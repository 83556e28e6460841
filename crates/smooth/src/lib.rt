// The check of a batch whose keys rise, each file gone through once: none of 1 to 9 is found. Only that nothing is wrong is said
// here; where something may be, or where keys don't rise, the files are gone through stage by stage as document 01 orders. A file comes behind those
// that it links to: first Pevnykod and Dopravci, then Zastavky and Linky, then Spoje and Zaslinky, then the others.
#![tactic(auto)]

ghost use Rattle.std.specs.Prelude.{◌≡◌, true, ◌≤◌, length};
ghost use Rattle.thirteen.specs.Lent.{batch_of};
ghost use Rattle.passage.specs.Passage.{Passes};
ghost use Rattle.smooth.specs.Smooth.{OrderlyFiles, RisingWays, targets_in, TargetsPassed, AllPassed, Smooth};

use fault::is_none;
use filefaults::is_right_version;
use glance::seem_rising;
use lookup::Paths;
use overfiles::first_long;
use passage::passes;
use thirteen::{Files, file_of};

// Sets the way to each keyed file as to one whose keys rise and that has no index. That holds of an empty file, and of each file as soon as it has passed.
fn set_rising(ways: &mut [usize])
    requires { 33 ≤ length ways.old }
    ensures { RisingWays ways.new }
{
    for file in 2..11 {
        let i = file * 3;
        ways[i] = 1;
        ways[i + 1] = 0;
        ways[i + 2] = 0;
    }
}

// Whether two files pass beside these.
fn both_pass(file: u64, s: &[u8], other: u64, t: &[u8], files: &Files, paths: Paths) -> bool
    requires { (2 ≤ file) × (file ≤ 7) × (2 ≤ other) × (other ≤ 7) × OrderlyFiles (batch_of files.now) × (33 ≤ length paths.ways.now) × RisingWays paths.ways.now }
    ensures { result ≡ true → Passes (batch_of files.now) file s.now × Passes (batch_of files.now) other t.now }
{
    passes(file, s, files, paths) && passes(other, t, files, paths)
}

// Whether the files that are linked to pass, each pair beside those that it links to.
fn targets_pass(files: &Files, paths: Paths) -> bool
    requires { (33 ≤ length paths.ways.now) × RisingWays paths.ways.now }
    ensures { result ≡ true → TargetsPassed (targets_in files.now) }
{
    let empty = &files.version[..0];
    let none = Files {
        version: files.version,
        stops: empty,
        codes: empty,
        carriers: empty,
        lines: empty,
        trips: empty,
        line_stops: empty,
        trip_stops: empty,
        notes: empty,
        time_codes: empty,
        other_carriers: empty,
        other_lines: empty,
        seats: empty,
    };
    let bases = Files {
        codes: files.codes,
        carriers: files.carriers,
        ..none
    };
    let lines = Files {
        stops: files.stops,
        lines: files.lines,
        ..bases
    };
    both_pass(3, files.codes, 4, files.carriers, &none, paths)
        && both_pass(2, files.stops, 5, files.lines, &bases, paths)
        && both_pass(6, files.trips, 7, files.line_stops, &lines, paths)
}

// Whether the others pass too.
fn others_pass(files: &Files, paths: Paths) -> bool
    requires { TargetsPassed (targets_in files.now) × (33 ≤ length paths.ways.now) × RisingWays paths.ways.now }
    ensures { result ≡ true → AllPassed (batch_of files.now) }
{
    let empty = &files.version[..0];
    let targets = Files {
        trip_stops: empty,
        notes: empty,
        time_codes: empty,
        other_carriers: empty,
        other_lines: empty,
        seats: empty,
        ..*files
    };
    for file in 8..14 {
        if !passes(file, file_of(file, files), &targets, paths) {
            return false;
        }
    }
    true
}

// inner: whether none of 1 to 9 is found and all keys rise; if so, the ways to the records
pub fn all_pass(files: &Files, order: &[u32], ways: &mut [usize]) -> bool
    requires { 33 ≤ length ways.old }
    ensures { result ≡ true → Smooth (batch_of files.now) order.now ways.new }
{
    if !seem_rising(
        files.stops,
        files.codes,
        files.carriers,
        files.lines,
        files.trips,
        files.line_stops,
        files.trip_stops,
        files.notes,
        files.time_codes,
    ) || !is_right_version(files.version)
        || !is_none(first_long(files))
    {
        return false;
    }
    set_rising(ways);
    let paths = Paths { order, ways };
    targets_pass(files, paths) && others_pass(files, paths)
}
★ ★ ★ ★
**PROBLEM REQUIREMENTS:** Your answer should be only the number of lines, in the entries above, that include "requires".

**SOLVED EXERCISE:** 5